His newest single, “Masochist,” sharpens that vulnerability into a diamond tip. He stretches the definition of the word – not to glamorize pain, but to understand it. “I’m not promoting that in any form or shape,” he clarifies. Instead, he digs into the darker corners of numbness, trauma, and self recognition. “I do deal with a darkness myself… I still find myself getting sad,” he confesses. “After you go through so much, you do become numb… and when you feel pain… it’s kind of like, oh, at least I’m still alive.”
He wrote “Masochist” as a dance track for people lost in their own shadows, a way to move the body while excavating the mind.
But excavation has a cost. “I get burnout all the time… I do get exhausted and overwhelmed,” he admits. His antidotes are simple: the gym, video games, and the very thing that brought him into the scene, “Skateboarding… when you’re skateboarding, if you’re not fully locked in that moment, you’ll fall and hurt yourself.” He’s searching for reprieve in anything that pulls him out of spirals and back into the world. “Anything that can take me out of my head into the world… that’s what I look for,” he says.
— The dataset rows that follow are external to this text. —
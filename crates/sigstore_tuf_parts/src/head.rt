// What every kind of document begins with.
ghost use Rattle.std.specs.Prelude.{◌≡◌, ◌≢◌, Ok, Err, IfOk, IfErr};
ghost use Rattle.serde_json.specs.View.{view};
ghost use Rattle.sigstore_tuf_parts.specs.Head.{head_of};

use foundation::{Duplicate, NoMemory};
use serde_json::Value;
use sigstore_tuf_text::{DocumentMember, Error};
use sigstore_types_parts::{FromValue, Text, required};
use std::alloc::Global;

/// The members that all kinds have.
#[derive(Drop)]
pub struct Head {
    pub type_: Text,
    pub spec_version: Text,
    pub version: u64,
    pub expires: jiff::Timestamp,
}

impl Head {
    /// A head of copies.
    pub fn copied(
        alloc: Global,
        type_: &Text,
        spec_version: &Text,
        version: u64,
        expires: jiff::Timestamp,
    ) -> Result<Head, NoMemory>
        ensures { IfOk result (λ head. head
            ≡ (record { type_ = type_.now; spec_version = spec_version.now; version = version; expires = expires })) }
    {
        Ok(Head {
            type_: type_.duplicate(alloc)?,
            spec_version: spec_version.duplicate(alloc)?,
            version,
            expires,
        })
    }
}

impl FromValue<Error> for Head {
    ghost reads = { head_of };

    #[tactic(auto, unfolding(crate::specs::Head::head_of))]
    fn from_value(alloc: Global, value: &Value) -> Result<Head, Error> {
        Ok(Head {
            type_: required(alloc, value, DocumentMember::Type)?,
            spec_version: required(alloc, value, DocumentMember::SpecVersion)?,
            version: required(alloc, value, DocumentMember::Version)?,
            expires: required(alloc, value, DocumentMember::Expires)?,
        })
    }
}
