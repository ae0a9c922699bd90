// Whether a document meets a role.
ghost use Rattle.std.specs.Prelude.{◌≡◌, ◌≢◌, [], Ok, Err, IfOk, IfErr, map, count_by};
ghost use Rattle.sigstore_keys.specs.Crypto.{crypto_by};
ghost use Rattle.sigstore_tuf_parts.specs.Threshold.{ids_of, second_after, is_accepted, threshold_of, no_second, enough_of, meets_of};

use crate::accepted::is_accepted;
use crate::counted::{counted, second_id};
use crate::document::{Metadata, Signature};
use crate::keys::{Key, RoleKeys};
use crate::signed_text::SignedText;
use foundation::NoMemory;
use sigstore_keys::CryptoProvider;
use sigstore_tuf_text::{Error, Rule};
use sigstore_types_parts::{Armor, Text, TextMap};
use std::alloc::Global;

impl<T> Metadata<T> {
    /// Whether enough keys of a role signed this document. Errors, the first that holds:
    /// `Malformed(Threshold)` for a threshold of 0, `DuplicateSignature` for an id of the role that
    /// signed twice, `ThresholdNotMet`.
    #[tactic(auto, unfolding(crate::specs::Threshold::meets_of))]
    pub fn verify_threshold<C: CryptoProvider, M: Armor>(
        &self,
        alloc: Global,
        provider: &C,
        armor: &M,
        keys: &TextMap<Key>,
        role_keys: &RoleKeys,
        role: &str,
    ) -> Result<(), Error>
        ensures ok { IfOk result (λ v.
            meets_of (crypto_by C.CryptoProvider M.Armor provider.now armor.now)
            keys.now role_keys.now role.now self.now ≡ Ok v) }
        ensures err { IfErr result (λ e. e ≢ Error.NoMemory →
            meets_of (crypto_by C.CryptoProvider M.Armor provider.now armor.now)
            keys.now role_keys.now role.now self.now ≡ Err e) }
    {
        let signatures = self.signatures();
        let text = SignedText::new(self.signed_canonical());
        check_threshold(role_keys.threshold)?;
        let counting = counted(alloc, role_keys, signatures)?;
        let counting = counting.as_slice();
        check_once(alloc, role, counting)?;
        let found = count_accepted(alloc, provider, armor, keys, counting, &text)?;
        check_enough(alloc, role, found, role_keys.threshold)?;
        Ok(())
    }
}

fn check_threshold(threshold: u64) -> Result<(), Error>
    ensures { result ≡ threshold_of threshold }
{
    if threshold == 0 {
        Err(Error::Malformed(Rule::Threshold))
    } else {
        Ok(())
    }
}

fn check_once(alloc: Global, role: &str, signatures: &[&Signature]) -> Result<(), Error>
    ensures ok { IfOk result (λ v.
        no_second role.now (second_after [] (ids_of (map (λ s. s.now) signatures.now))) ≡ Ok v) }
    ensures err { IfErr result (λ e. e ≢ Error.NoMemory →
        no_second role.now (second_after [] (ids_of (map (λ s. s.now) signatures.now))) ≡ Err e) }
{
    match second_id(alloc, signatures)? {
        Some(id) => Err(Error::DuplicateSignature {
            role: Text::new(alloc, role)?,
            key_id: Text::new(alloc, id.as_str())?,
        }),
        None => Ok(()),
    }
}

fn count_accepted<C: CryptoProvider, M: Armor>(
    alloc: Global,
    provider: &C,
    armor: &M,
    keys: &TextMap<Key>,
    signatures: &[&Signature],
    text: &SignedText<'_>,
) -> Result<u64, NoMemory>
    ensures { IfOk result (λ n. n ≡ count_by
        (is_accepted (crypto_by C.CryptoProvider M.Armor provider.now armor.now) keys.now text.now)
        (map (λ s. s.now) signatures.now)) }
{
    let mut found = 0u64;
    for signature in signatures {
        if is_accepted(alloc, provider, armor, keys, text, signature)? {
            found += 1;
        }
    }
    Ok(found)
}

fn check_enough(alloc: Global, role: &str, found: u64, threshold: u64) -> Result<(), Error>
    ensures ok { IfOk result (λ v. enough_of role.now found threshold ≡ Ok v) }
    ensures err { IfErr result (λ e. e ≢ Error.NoMemory → enough_of role.now found threshold ≡ Err e) }
{
    if threshold <= found {
        return Ok(());
    }
    Err(Error::ThresholdNotMet {
        role: Text::new(alloc, role)?,
        found,
        threshold,
    })
}
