/// An answer to a request for a tile.
pub fn tile<X: AllocGlobal + Abort>(rt: &X, given: &str) -> String {
    let (level, rest) = halves(rt, given, " ");
    let (index, rest) = halves(rt, rest, " ");
    let (wide, rest) = halves(rt, rest, " ");
    let (word, digits) = halves(rt, rest, " ");
    let (level, index, wide) = (
        good(rt, level.parse::<u32>()),
        number(rt, index),
        width(rt, wide),
    );
    let status = status(rt, word);
    let octets = good(rt, hex::decode(rt.alloc(), digits));
    let read = read_tile(rt.alloc(), status, octets.as_slice(), level, index, wide);
    drop(octets);
    tile_told(rt, read)
}

fn bundle_told<X: AllocGlobal + Abort>(rt: &X, read: Result<RekorV2EntryBundle, Error>) -> String {
    match read {
        Ok(bundle) => printed(rt, copied(rt, bundle)),
        Err(refusal) => refused(rt, refusal),
    }
}

/// An answer to a request for a bundle of entries.
pub fn bundle<X: AllocGlobal + Abort>(rt: &X, given: &str) -> String {
    let (index, rest) = halves(rt, given, " ");
    let (wide, rest) = halves(rt, rest, " ");
    let (word, digits) = halves(rt, rest, " ");
    let (index, wide, status) = (number(rt, index), width(rt, wide), status(rt, word));
    let octets = good(rt, hex::decode(rt.alloc(), digits));
    let read = read_entry_bundle(rt.alloc(), status, octets.as_slice(), index, wide);
    drop(octets);
    bundle_told(rt, read)
}

// ---- entries of the second version

// What was sent, and the text of the answer.
fn second<X: AllocGlobal + Abort>(rt: &X, given: &str) -> (HashedRekordV2, String) {
    let (sort, rest) = halves(rt, given, " ");
    let (word, rest) = halves(rt, rest, " ");
    let (logged, changes) = there(rt, rest.rsplit_once(" | "));
    let text = body(rt, logged, "p256");
    let logged = CanonicalizedBody::from_bytes(rt.alloc(), text.as_bytes());
    drop(text);
    let logged = good(rt, good(rt, logged).to_base64(rt.alloc()));
    let entry = changed(rt, V2_ENTRY, changes);
    let entry = expanded(rt, entry.as_str(), "p256");
    let entry = good(rt, entry.replace(rt.alloc(), "<body>", logged.as_str()));
    drop(logged);
    (sent(rt, sort, word), entry)
}

fn accepted<X: AllocGlobal + Abort>(rt: &X, answer: Result<(), Error>) -> String {
    match answer {
        Ok(()) => string(rt, "accepted"),
        Err(refusal) => refused(rt, refusal),
    }
}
Ryan’s vision for Minute After Midnight isn’t reinvention. It’s reclamation. “I see myself bringing back the nostalgia that we had in 2008… I want to go even more raw,” he explains.
He’s allergic to the sterile gloss of AI-generated music. “With AI, everything is getting so digitalized… I think people are going to really lean more towards less tuned vocals and real guitar tracks,” he predicts. He speaks bluntly about the thread: “It’s just stealing from all of the art that we created.” His plea is simple: “Please separate the AI music from the real music… and lower streaming royalties.”
But beneath the industry concerns is a deeper message, one he wants every listener to inhale: “I just want [people] to believe in themselves,” he says.
And then he expands it into something big enough to live in: “If it’s on your heart… if you refuse to let failure get to you… this can also happen for you… don’t be so hard on yourself… stay true to the music you love… and love one another.”
Minute After Midnight is not just rising. It’s erupting.
“Masochist” is out now. The Fearless Records era has begun. And with a vault full of unreleased tracks waiting for their moment, Derrick Ryan’s future is already glowing at the edges.
He says it best, with the quiet wonder of someone waking inside the life he used to daydream about:
“If you really bust your ass, someday you can wake up in a dream… and that’s kind of what my life is starting to feel like now.”